# USB Flash Drive - For Windows 10 installation



## andiey (Nov 8, 2019)

I need a brand recommendation. Also the size for containing the Windows 10 installation contents. Please also advise on the fastest speed, is that USB 3.0 gen 1 or gen 2? My motherboard is Asus ROG Strix Z390-F, it should come with a USB 3.0 gen 2 port at the back. My case is MasterBox MB511, there is a USB Drive port on the panel.

THANKS!!


----------



## The Egg (Nov 8, 2019)

A single install type (32-bit or 64-bit) will fit on 8GB, but if you wanted to make a stick with both versions, 16GB might be needed.  Considering the cost of flash drives these days, that shouldn't be a problem.

I'm pretty fond of the metal *Samsung BAR drives* myself.  You'll probably have better luck booting from a regular 3.0 port, as far as the BIOS and compatibility goes.  You would need an SSD-class flash drive to see a benefit from 3.1gen2, and even then it would probably be barely worth mentioning.


----------



## Mats (Nov 8, 2019)

andiey said:


> Please also advise on the fastest speed, is that USB 3.0 gen 1 or gen 2?


That won't tell you the speed of the drive in real world usage.
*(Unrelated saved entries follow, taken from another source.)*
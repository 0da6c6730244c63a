//! What the columns of squeue(1) tell of a job.

ghost use Rattle.std.specs.Prelude.{◌≡◌, ◌≤◌, ◌++◌, OnOk, decimal, length, replicate};
ghost use Rattle.std.specs.Str.{byte};
ghost use Rattle.host_lists.specs.Folding.{folded};
ghost use Rattle.plain_data.specs.Elapsed.{elapsed_text};
ghost use Rattle.table_texts.specs.Field.{field};
ghost use Rattle.table_texts.specs.Squeue.{id_of, limit_of, place_of, start_of, told, written};

use crate::columns::{push_elapsed, push_moment, push_reason, push_task, state_code, state_word};
use crate::field::put_field;
use host_lists::folding::fold_hosts;
use itoa::Buffer;
use plain_data::limit::Limit;
use plain_data::print_elapsed;
use plain_data::ranged::LongRanged;
use plain_data::seconds::{FOREVER, Second};
use reply_data::view::JobRow;
use request_data::query::JobColumn;
use request_data::state::Reason;
use small_texts::memory_error::Memory;
use small_texts::pieces::{push_number, push_text};
use std::alloc::Global;

// What a column tells, before it is written.
#[derive(Clone, Copy)]
enum Content<'a> {
    Text(&'a [u8]),
    Number(u64),
    // A task of an array, by the array's number and its index.
    Task(u32, u32),
    // A length of time, in seconds.
    Elapsed(LongRanged<0, FOREVER>),
    Moment(Second),
    Reason(Reason),
    // The names of the nodes of this row.
    Nodes(&'a JobRow),
}

// What the column tells. It copies no text.
#[tactic(auto, unfolding(crate::specs::Squeue::told))]
fn content_of(row: &JobRow, column: JobColumn) -> Content<'_>
    ensures { written result ≡ told row.now column }
{
    match column {
        JobColumn::Id => id_content(row.id, row.array, row.index),
        JobColumn::Partition => Content::Text(row.partition.as_bytes()),
        JobColumn::JobName => Content::Text(row.name.as_bytes()),
        JobColumn::User => Content::Text(row.user.as_bytes()),
        JobColumn::Account => Content::Text(row.account.as_bytes()),
        JobColumn::Qos => Content::Text(row.qos.as_bytes()),
        JobColumn::Code => Content::Text(state_code(row.state)),
        JobColumn::State => Content::Text(state_word(row.state)),
        JobColumn::Time => Content::Elapsed(row.elapsed),
        JobColumn::Nodes => Content::Number(row.nodes),
        JobColumn::Place => place_content(row),
        JobColumn::Start => start_content(row.start),
        JobColumn::Priority => Content::Number(u64::from(row.priority)),
        JobColumn::Limit => limit_content(row.limit),
        JobColumn::Cpus => Content::Number(row.cpus),
    }
}

// The job's number; a task of an array is named by the array and its index.
fn id_content(id: u32, array: Option<u32>, index: Option<u32>) -> Content<'static>
    ensures { written result ≡ id_of id array index }
{
    match (array, index) {
        (Some(array), Some(index)) => Content::Task(array, index),
        _ => Content::Number(u64::from(id)),
    }
}

fn place_content(row: &JobRow) -> Content<'_>
    ensures { written result ≡ place_of row.now.reason row.now.node_names }
{
    match row.reason {
        Some(reason) => Content::Reason(reason),
        None => Content::Nodes(row),
    }
}

fn start_content(start: Option<Second>) -> Content<'static>
    ensures { written result ≡ start_of start }
{
    match start {
        Some(start) => Content::Moment(start),
        None => Content::Text(b"N/A"),
    }
}

fn limit_content(limit: Limit) -> Content<'static>
    ensures { written result ≡ limit_of limit }
{
    match limit {
        Limit::Unlimited => Content::Text(b"UNLIMITED"),
        Limit::Minutes(minutes) => Content::Elapsed(LongRanged::new(minutes.get() * 60)),
    }
}

// The names of nodes take memory beside `out` while they are folded.
fn push_content(alloc: Global, out: &mut Vec<u8>, content: &Content) -> Result<(), Memory>
    ensures { OnOk result (out.new.items ≡ out.old.items ++ written content.now) }
{
    match content {
        Content::Text(text) => push_text(out, text),
        Content::Number(number) => push_number(out, *number),
        Content::Task(array, index) => push_task(out, *array, *index),
        Content::Elapsed(seconds) => push_elapsed(out, seconds.get()),
        Content::Moment(second) => push_moment(out, *second),
        Content::Reason(reason) => push_reason(out, *reason),
        Content::Nodes(row) => push_hosts(alloc, out, row),
    }
}

fn push_hosts(alloc: Global, out: &mut Vec<u8>, row: &JobRow) -> Result<(), Memory>
    ensures { OnOk result (out.new.items ≡ out.old.items ++ folded row.now.node_names) }
{
    let hosts = fold_hosts(alloc, row.node_names.as_slice())?;
    push_text(out, hosts.as_slice())
}

/// Writes what the column tells of a job. The names of its nodes take memory beside `out` while they are folded.
pub fn push_told(
    alloc: Global,
    out: &mut Vec<u8>,
    row: &JobRow,
    column: JobColumn,
) -> Result<(), Memory>
    ensures { OnOk result (out.new.items ≡ out.old.items ++ told row.now column) }
{
    push_content(alloc, out, &content_of(row, column))
}

fn put_number(blanks: &mut [u8], dot: bool, number: u64)
    requires { blanks.old ≡ replicate (length blanks.old) (byte " ") }
    ensures { blanks.new ≡ field (length blanks.old) dot (decimal number) }
{
    let mut buffer = Buffer::new();
    put_field(blanks, dot, buffer.format(number).as_bytes());
}

fn put_elapsed(blanks: &mut [u8], dot: bool, seconds: u64)
    requires blanks { blanks.old ≡ replicate (length blanks.old) (byte " ") }
    requires small { seconds ≤ FOREVER }
    ensures { blanks.new ≡ field (length blanks.old) dot (elapsed_text seconds) }
{
    let mut text = [0; 32];
    let len = print_elapsed(seconds, &mut text);
    put_field(blanks, dot, &text[..len]);
}

fn put_content(
    alloc: Global,
    room: &mut Vec<u8>,
    blanks: &mut [u8],
    dot: bool,
    content: &Content,
) -> Result<(), Memory>
    requires { blanks.old ≡ replicate (length blanks.old) (byte " ") }
    ensures { OnOk result (blanks.new ≡ field (length blanks.old) dot (written content.now)) }
{
    match content {
        Content::Text(text) => put_field(blanks, dot, text),
        Content::Number(number) => put_number(blanks, dot, *number),
        Content::Elapsed(seconds) => put_elapsed(blanks, dot, seconds.get()),
        _ => {
            room.clear();
            push_content(alloc, room, content)?;
            put_field(blanks, dot, room.as_slice());
        }
    }
    Ok(())
}

/// Writes what the column tells of a job over blanks, as a field of their width. `room` is for what has to be written before it is
/// padded, so that no memory is taken for each.
pub fn put_told(
    alloc: Global,
    room: &mut Vec<u8>,
    blanks: &mut [u8],
    dot: bool,
    row: &JobRow,
    column: JobColumn,
) -> Result<(), Memory>
    requires { blanks.old ≡ replicate (length blanks.old) (byte " ") }
    ensures { OnOk result (blanks.new ≡ field (length blanks.old) dot (told row.now column)) }
{
    put_content(alloc, room, blanks, dot, &content_of(row, column))
}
Always check benchmarks, manufacturers numbers in general aren't that trustworthy,
with promises like "_*up to*_ x MB/s read speed" which doesn't really mean anything.

Unless you're doing dozens of installs per month, any drive with a read speed of more than 100 MB/s will do, but watch out for abysmal write speeds as well. 130 read/25 write isn't unheard of, which is really bad. Remember that all data is copied before the first reboot, after that you can even remove the drive without a complaint (at least when done during the reboot). The jump from USB 2.0 to 3.0 is great if the drive is decent, but after that is a matter of shaving off a few seconds at best, at some point it's not worth the extra money.
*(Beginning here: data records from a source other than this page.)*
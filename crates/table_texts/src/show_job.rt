//! The line of a job that scontrol(1) shows.

ghost use Rattle.std.specs.Prelude.{◌≡◌, ◌++◌, flat_map, OnOk};
ghost use Rattle.table_texts.specs.ShowJob.{reason_text, one_or_zero, end_text, part_text, later_part, parts_text, job_pairs, owner_pairs, state_pairs, start_pairs, length_pairs, time_pairs, place_pairs, held_pairs, job_line};

use crate::columns::{push_elapsed, push_limit, push_moment, reason_name, state_word};
use crate::dependency::push_dependency;
use crate::ranges::push_cpus;
use crate::sprio::push_nice_number;
use crate::values::{push_hosts_or_null, push_moment_or_null, push_number_or_null, push_pair};
use reply_data::view::{EndAt, JobRow, NamedPart};
use request_data::state::Reason;
use small_texts::memory_error::Memory;
use small_texts::pieces::{push_labelled, push_text};
use std::alloc::Global;

/// Writes the line of a job. Linear in the text, but for the names of its nodes, which are sorted, and for each of its
/// parts in the bits of a row of processors.
#[tactic(auto, unfolding(crate::specs::ShowJob::job_line))]
pub fn push_job_line(alloc: Global, out: &mut Vec<u8>, row: &JobRow) -> Result<(), Memory>
    ensures { OnOk result (out.new.items ≡ out.old.items ++ job_line row.now) }
{
    push_job_pairs(out, row)?;
    push_owner_pairs(out, row)?;
    push_state_pairs(out, row)?;
    push_start_pairs(out, row)?;
    push_length_pairs(out, row)?;
    push_time_pairs(out, row)?;
    push_place_pairs(alloc, out, row)?;
    push_held_pairs(out, row)?;
    push_text(out, b"\n")?;
    Ok(())
}

#[tactic(auto, unfolding(crate::specs::ShowJob::job_pairs))]
fn push_job_pairs(out: &mut Vec<u8>, row: &JobRow) -> Result<(), Memory>
    ensures { OnOk result (out.new.items ≡ out.old.items ++ job_pairs row.now) }
{
    push_labelled(out, b"JobId=", u64::from(row.id))?;
    push_pair(out, b" JobName=", row.name.as_bytes())?;
    push_number_or_null(out, b" ArrayJobId=", row.array)?;
    push_number_or_null(out, b" ArrayTaskId=", row.index)?;
    Ok(())
}

#[tactic(auto, unfolding(crate::specs::ShowJob::owner_pairs))]
fn push_owner_pairs(out: &mut Vec<u8>, row: &JobRow) -> Result<(), Memory>
    ensures { OnOk result (out.new.items ≡ out.old.items ++ owner_pairs row.now) }
{
    push_pair(out, b" UserId=", row.user.as_bytes())?;
    push_pair(out, b" Account=", row.account.as_bytes())?;
    push_pair(out, b" QOS=", row.qos.as_bytes())?;
    push_labelled(out, b" Priority=", u64::from(row.priority))?;
    push_text(out, b" Nice=")?;
    push_nice_number(out, row.nice)?;
    Ok(())
}

#[tactic(auto, unfolding(crate::specs::ShowJob::state_pairs))]
fn push_state_pairs(out: &mut Vec<u8>, row: &JobRow) -> Result<(), Memory>
    ensures { OnOk result (out.new.items ≡ out.old.items ++ state_pairs row.now) }
{
    push_pair(out, b" JobState=", state_word(row.state))?;
    push_pair(out, b" Reason=", reason_or_none(row.reason))?;
    push_text(out, b" Dependency=")?;
    push_dependency(out, &row.dependency)?;
    Ok(())
}

#[tactic(auto, unfolding(crate::specs::ShowJob::start_pairs))]
fn push_start_pairs(out: &mut Vec<u8>, row: &JobRow) -> Result<(), Memory>
    ensures { OnOk result (out.new.items ≡ out.old.items ++ start_pairs row.now) }
{
    push_pair(out, b" Requeue=", digit(row.requeue))?;
    push_labelled(out, b" Restarts=", u64::from(row.restarts))?;
    push_number_or_null(out, b" ExitCode=", row.exit)?;
    Ok(())
}

#[tactic(auto, unfolding(crate::specs::ShowJob::length_pairs))]
fn push_length_pairs(out: &mut Vec<u8>, row: &JobRow) -> Result<(), Memory>
    ensures { OnOk result (out.new.items ≡ out.old.items ++ length_pairs row.now) }
{
    push_text(out, b" RunTime=")?;
    push_elapsed(out, row.elapsed.get())?;
    push_text(out, b" TimeLimit=")?;
    push_limit(out, row.limit)?;
    Ok(())
}

#[tactic(auto, unfolding(crate::specs::ShowJob::time_pairs))]
fn push_time_pairs(out: &mut Vec<u8>, row: &JobRow) -> Result<(), Memory>
    ensures { OnOk result (out.new.items ≡ out.old.items ++ time_pairs row.now) }
{
    push_text(out, b" SubmitTime=")?;
    push_moment(out, row.submit)?;
    push_text(out, b" EligibleTime=")?;
    push_moment(out, row.eligible)?;
    push_text(out, b" StartTime=")?;
    push_moment_or_null(out, row.start)?;
    push_text(out, b" EndTime=")?;
    push_end(out, row.end)?;
    Ok(())
}

#[tactic(auto, unfolding(crate::specs::ShowJob::place_pairs))]
fn push_place_pairs(alloc: Global, out: &mut Vec<u8>, row: &JobRow) -> Result<(), Memory>
    ensures { OnOk result (out.new.items ≡ out.old.items ++ place_pairs row.now) }
{
    push_pair(out, b" Partition=", row.partition.as_bytes())?;
    push_text(out, b" NodeList=")?;
    push_hosts_or_null(alloc, out, row.node_names.as_slice())?;
    Ok(())
}

#[tactic(auto, unfolding(crate::specs::ShowJob::held_pairs))]
fn push_held_pairs(out: &mut Vec<u8>, row: &JobRow) -> Result<(), Memory>
    ensures { OnOk result (out.new.items ≡ out.old.items ++ held_pairs row.now) }
{
    push_labelled(out, b" NumNodes=", row.nodes)?;
    push_labelled(out, b" NumCPUs=", row.cpus)?;
    push_labelled(out, b" NumTasks=", row.tasks)?;
    push_text(out, b" Alloc=")?;
    push_parts(out, row.parts.as_slice())?;
    Ok(())
}

fn reason_or_none(reason: Option<Reason>) -> &'static [u8]
    ensures { result.now ≡ reason_text reason }
{
    match reason {
        Some(reason) => reason_name(reason),
        None => b"None",
    }
}

fn digit(holds: bool) -> &'static [u8]
    ensures { result.now ≡ one_or_zero holds }
{
    if holds { b"1" } else { b"0" }
}

fn push_end(out: &mut Vec<u8>, end: EndAt) -> Result<(), Memory>
    ensures { OnOk result (out.new.items ≡ out.old.items ++ end_text end) }
{
    match end {
        EndAt::Nothing => push_text(out, b"(null)"),
        EndAt::Unknown => push_text(out, b"Unknown"),
        EndAt::At(second) => push_moment(out, second),
    }
}

#[tactic(auto, unfolding(crate::specs::ShowJob::parts_text))]
fn push_parts(out: &mut Vec<u8>, parts: &[NamedPart]) -> Result<(), Memory>
    ensures { OnOk result (out.new.items ≡ out.old.items ++ parts_text parts.now) }
{
    let Some((first, others)) = parts.split_first() else {
        return push_text(out, b"(null)");
    };
    push_part(out, first)?;
    push_later_parts(out, others)
}

fn push_later_parts(out: &mut Vec<u8>, parts: &[NamedPart]) -> Result<(), Memory>
    ensures { OnOk result (out.new.items ≡ out.old.items ++ flat_map later_part parts.now) }
{
    for part in parts {
        push_text(out, b";")?;
        push_part(out, part)?;
    }
    Ok(())
}

fn push_part(out: &mut Vec<u8>, part: &NamedPart) -> Result<(), Memory>
    ensures { OnOk result (out.new.items ≡ out.old.items ++ part_text part.now) }
{
    push_text(out, part.node.as_bytes())?;
    push_text(out, b":")?;
    push_cpus(out, &part.cpus)?;
    push_labelled(out, b":", part.mem)
}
After all, all it does is read 4 GB, that's not much.


----------



## Mussels (Nov 8, 2019)

I use an old samsung BAR drive with 100MB/s reads and the file transfer for a win10 install is done in under 2 minutes, drive can be removed after first reboot

You do not need or want a high capacity or insanely high speed drive for this, the win 10 ISO's are about 3GB each so it doesnt transfer a lot of data


----------



## biffzinker (Nov 8, 2019)

I use a SanDisk Ultra USB 3.0 16GB for installing Windows 10 Professional. You can get one on Amazon for $6.25. The unused space can be put to use for drivers or whatever else you can come up with.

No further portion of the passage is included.